ASUS Zenbook Prime (UX21A) Review: The First of the 2nd Gen Ultrabooks

Battery Life

Generally speaking, the 11-inch Zenbook Prime delivers about the same amount of battery life as its predecessor. For some reason we're able to hit much longer idle battery life on the Prime than the original Zenbook although I'm still trying to find out why. There's also an 11% improvement in our x264 playback test, but on average I'd expect to see similar battery life to the Sandy Bridge model - just with better performance. Note that these results also come despite the fact that ASUS is driving a much higher resolution, and presumably higher power, display than the original Zenbook.

The Zenbook Prime bucks the trend Jarred saw with the first Ivy Bridge notebook review where battery life took a small step backwards. These results bode well for future Ivy Bridge notebooks and Ultrabooks. It still remains to be seen if Intel's 22nm process will actually give us a battery life advantage in any notebook compared to its predecessor. It's possible that we are seeing some of the benefits of 22nm here already and they are simply offset by the more power hungry display. With the move to 22nm Intel should have a better hold on active power and leakage, but it's always possible that we'll have to wait until Haswell for the process to really be exploited.

Just like last time, ASUS has a couple of widgets to quickly change between power settings. The instant on widget lets you switch between suspend to RAM and suspend to disk modes. The former is expected to deliver up to 2 weeks of standby battery life, while the latter can push up to 150 days. I didn't have the time to test these claims (life is short, I draw the line at spending it testing claims of 150 day standby battery life). ASUS once again includes a counter that estimates how long your system will last in either mode based on current charge levels and power usage.

The next widget is a quick tool to let you switch between high performance and battery saver Power4Gear power profiles. You can customize these profiles via the Windows control panel, but it's nice to have a button on the desktop that lets you quickly switch between them.

Configurable TDP

One feature of Ivy Bridge that we haven't been able to test until now is configurable TDP. While most Ultrabook CPUs ship with a 17W TDP, that's mostly an arbitrary thermal/power rating. If an OEM wants to design a chassis that can only accept a 13W part it previously had to hope that Intel would make such a thing. Alternatively, the OEM could underclock/undervolt a 17W chip on their own and hope to mimic Intel's validation and deliver a 13W configuration of their own. The former requires that a significant number of OEMs demand the part, while the latter is just too risky for the larger OEMs (get too aggressive on the undervolting side and end up with a bunch of unstable systems). The solution Intel proposed with Ivy Bridge is configurable TDP. For Ultrabooks this means you can set a 17W part to 13W.

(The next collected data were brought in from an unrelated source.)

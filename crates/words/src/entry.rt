use crate::address::{Addr, BlockNo};
use crate::cause::{AbortCause, Cause};
use crate::hart::HartId;
use crate::register::Reg;

/// How many bytes an access has: 1, 2 or 4.
#[derive(Clone, Copy, Debug, PartialEq, Eq)]
pub enum Width {
    Byte,
    Half,
    Word,
}

/// An access: its bytes read little-endian, without sign.
#[derive(Clone, Copy, Debug, PartialEq, Eq)]
pub struct Access {
    pub addr: Addr,
    pub width: Width,
    pub value: u32,
}

/// What a step of a machine shows.
#[derive(Clone, Copy, Debug, PartialEq, Eq)]
pub enum Entry {
    /// A hart retired the word at its pc: the register written (never x0), what was loaded, what was stored.
    Retire {
        hart: HartId,
        pc: Addr,
        word: u32,
        write: Option<(Reg, u32)>,
        load: Option<Access>,
        store: Option<Access>,
    },
    /// A hart aborted its transaction.
    Abort {
        hart: HartId,
        cause: AbortCause,
    },
    /// A hart was stopped outside a transaction.
    Trap {
        hart: HartId,
        cause: Cause,
        pc: Addr,
    },
    /// A hart kept a block that another asked for.
    Refuse {
        hart: HartId,
        requester: HartId,
        block: BlockNo,
    },
    /// A hart gave up a line of its cache that its transaction had used.
    Spill {
        hart: HartId,
        block: BlockNo,
    },
}

/// One step of a machine, enabled or not.
#[derive(Clone, Copy, Debug, PartialEq, Eq)]
pub enum Step {
    /// A hart goes on by one step of its core.
    Core(HartId),
    /// A hart gives up its line of a block.
    Evict(HartId, BlockNo),
    /// The message under this key arrives.
    Deliver(usize),
}
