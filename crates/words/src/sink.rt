ghost use Rattle.std.specs.Prelude.{◌≡◌, ◌+◌, ◌≤◌, ◌++◌, ℕ, List, Option, Some, None, min, length, take, OnOk, OnErr, codes};
ghost use Rattle.std.specs.Option.{option_map};
ghost use Rattle.std.specs.Io.KnownBytes.{Appends};
ghost use Rattle.words.specs.Sinks.{SinkState, TookBeginning};

use std::fmt;
use std::io::Write;
use thiserror::Error;

/// A put failed.
#[derive(Clone, Copy, Debug, PartialEq, Eq, Error)]
pub struct SinkFault;

impl fmt::Display for SinkFault {
    ghost output = { λ x. Some (codes "7 Device") };

    fn fmt<W: fmt::Write>(&self, f: &mut fmt::Formatter<W>) -> fmt::Result {
        f.write_str("7 Device")
    }
}

/// What bytes are put into.
pub trait Sink {
    /// What it has taken, and how often it failed.
    ghost state: { Self → SinkState };

    /// Takes all the bytes, or a beginning of them.
    fn put(&mut self, bytes: &[u8]) -> Result<(), SinkFault>
        ensures clean { OnOk result ((state self.new).failed ≡ (state self.old).failed) }
        ensures fault { OnErr result ((state self.new).failed ≡ min ((state self.old).failed + 1) 18446744073709551615) }
        ensures all { OnOk result ((state self.new).taken ≡ option_map (λ before. before ++ bytes.now) (state self.old).taken) }
        ensures part { OnErr result (TookBeginning (state self.old).taken (state self.new).taken bytes.now) };
}

/// A sink in memory, which tells its bytes.
#[derive(Drop)]
pub struct Taken {
    pub bytes: Vec<u8>,
    pub failed: u64,
}

impl Sink for Taken {
    ghost state = { λ t. record { taken = Some t.bytes.items; failed = t.failed } };

    fn put(&mut self, bytes: &[u8]) -> Result<(), SinkFault> {
        match self.bytes.extend_from_slice(bytes) {
            Ok(()) => Ok(()),
            Err(_) => {
                self.failed = self.failed.saturating_add(1);
                Err(SinkFault)
            }
        }
    }
}

/// A sink over a writer, as a file or standard output. As a sink it tells only how many puts failed, since a write that fails says nothing of
/// what was written before.
pub struct Counted<W> {
    pub writer: W,
    pub failed: u64,
}

impl<W: Write> Sink for Counted<W> {
    ghost state = { λ c. record { taken = None; failed = c.failed } };

    fn put(&mut self, bytes: &[u8]) -> Result<(), SinkFault>
        ensures clean { OnOk result (self.new.failed ≡ self.old.failed) }
        ensures fault { OnErr result (self.new.failed ≡ min (self.old.failed + 1) 18446744073709551615) }
        // What the writer tells of its bytes.
        ensures written { OnOk result (Appends (W.contents self.old.writer) (W.contents self.new.writer) bytes.now) }
    {
        match self.writer.write_all(bytes) {
            Ok(()) => Ok(()),
            Err(_) => {
                self.failed = self.failed.saturating_add(1);
                Err(SinkFault)
            }
        }
    }
}
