//! Words of instructions. Immediates and offsets are those of 32 bits, the negative ones modulo 2^32.

pub(crate) const ZERO: u32 = 0;

pub(crate) const T0: u32 = 5;

pub(crate) const T1: u32 = 6;

pub(crate) const T2: u32 = 7;

pub(crate) const A0: u32 = 10;

pub(crate) const A7: u32 = 17;

pub(crate) const ECALL: u32 = 0x0000_0073;

pub(crate) const EBREAK: u32 = 0x0010_0073;

pub(crate) const TCOMMIT: u32 = 0x0000_100b;

pub(crate) const TABORT: u32 = 0x0000_200b;

/// A word of three registers.
fn r_word(opcode: u32, funct3: u32, funct7: u32, rd: u32, rs1: u32, rs2: u32) -> u32 {
    opcode | (rd << 7) | (funct3 << 12) | (rs1 << 15) | (rs2 << 20) | (funct7 << 25)
}

/// A word of two registers and an immediate.
fn i_word(opcode: u32, funct3: u32, rd: u32, rs1: u32, imm: u32) -> u32 {
    opcode | (rd << 7) | (funct3 << 12) | (rs1 << 15) | (imm << 20)
}

/// A branch, or a begin.
fn b_word(opcode: u32, funct3: u32, rs1: u32, rs2: u32, offset: u32) -> u32 {
    let low = (((offset >> 1) & 0xf) << 8) | (((offset >> 11) & 1) << 7);
    let high = (((offset >> 5) & 0x3f) << 25) | (((offset >> 12) & 1) << 31);
    opcode | (funct3 << 12) | (rs1 << 15) | (rs2 << 20) | low | high
}

pub(crate) fn lui(rd: u32, upper: u32) -> u32 {
    0x37 | (rd << 7) | (upper << 12)
}

pub(crate) fn jal(rd: u32, offset: u32) -> u32 {
    let low = (((offset >> 12) & 0xff) << 12) | (((offset >> 11) & 1) << 20);
    let high = (((offset >> 1) & 0x3ff) << 21) | (((offset >> 20) & 1) << 31);
    0x6f | (rd << 7) | low | high
}

pub(crate) fn jalr(rd: u32, rs1: u32, imm: u32) -> u32 {
    i_word(0x67, 0, rd, rs1, imm)
}

/// The branches by number: 0 BEQ, 1 BNE, 4 BLT, 5 BGE, 6 BLTU, 7 BGEU.
pub(crate) fn branch(number: u32, rs1: u32, rs2: u32, offset: u32) -> u32 {
    b_word(0x63, number, rs1, rs2, offset)
}

pub(crate) fn bnez(rs1: u32, offset: u32) -> u32 {
    branch(1, rs1, ZERO, offset)
}

/// The loads by number: 0 LB, 1 LH, 2 LW, 4 LBU, 5 LHU.
pub(crate) fn load(number: u32, rd: u32, imm: u32, rs1: u32) -> u32 {
    i_word(0x03, number, rd, rs1, imm)
}

/// The stores by number: 0 SB, 1 SH, 2 SW.
pub(crate) fn store(number: u32, rs2: u32, imm: u32, rs1: u32) -> u32 {
    0x23 | (number << 12) | (rs1 << 15) | (rs2 << 20) | ((imm & 0x1f) << 7) | ((imm >> 5) << 25)
}

pub(crate) fn addi(rd: u32, rs1: u32, imm: u32) -> u32 {
    i_word(0x13, 0, rd, rs1, imm)
}

/// Puts a number of 12 bits into a register.
pub(crate) fn li(rd: u32, imm: u32) -> u32 {
    addi(rd, ZERO, imm)
}

/// The operations on two registers by number: 0 ADD, 1 SLL, 2 SLT, 3 SLTU, 4 XOR, 5 SRL, 6 OR, 7 AND.
pub(crate) fn op(number: u32, rd: u32, rs1: u32, rs2: u32) -> u32 {
    r_word(0x33, number, 0, rd, rs1, rs2)
}

/// The atomic operations by number: 0 AMOADD, 1 AMOSWAP, 4 AMOXOR, 8 AMOOR, 12 AMOAND, 16 AMOMIN, 20 AMOMAX, 24 AMOMINU, 28 AMOMAXU.
pub(crate) fn amo(number: u32, rd: u32, rs2: u32, rs1: u32) -> u32 {
    r_word(0x2f, 2, number << 2, rd, rs1, rs2)
}

pub(crate) fn load_reserved(rd: u32, rs1: u32) -> u32 {
    r_word(0x2f, 2, 8, rd, rs1, ZERO)
}

pub(crate) fn store_conditional(rd: u32, rs2: u32, rs1: u32) -> u32 {
    r_word(0x2f, 2, 12, rd, rs1, rs2)
}

/// A begin, after whose abort the hart goes on at this offset.
pub(crate) fn tbegin(offset: u32) -> u32 {
    b_word(0x0b, 0, 0, 0, offset)
}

Currently the setting is hidden away in Windows 7's power management settings. Once again I've had to censor the clock speeds here due to Intel's Ultrabook embargo:
You can map the 13W settings to the battery saver profile and then, at the click of a button, have a 13W Zenbook Prime instead of a 17W model. The difference in performance isn't significant however:

I'm still running battery life tests to quantify the impact on power consumption, but it's conceptually a neat thing to see in action finally. I suspect configurable TDP is going to play a major role with Haswell and convertible/dockable Ultrabook-tablet hybrids.

Thermals and Noise

As with most high performance notebooks that are this thin, cooling is difficult. Under load the fans in the Zenbook Prime are definitely audible, but in general ASUS does a better job cooling everything inside the Zenbook Prime than Apple does in the MacBook Air. I suspect much of this boils down to how aggressive Apple is about keeping fan speed/noise down compared to ASUS' desire to maintain a certain temperature level inside the chassis.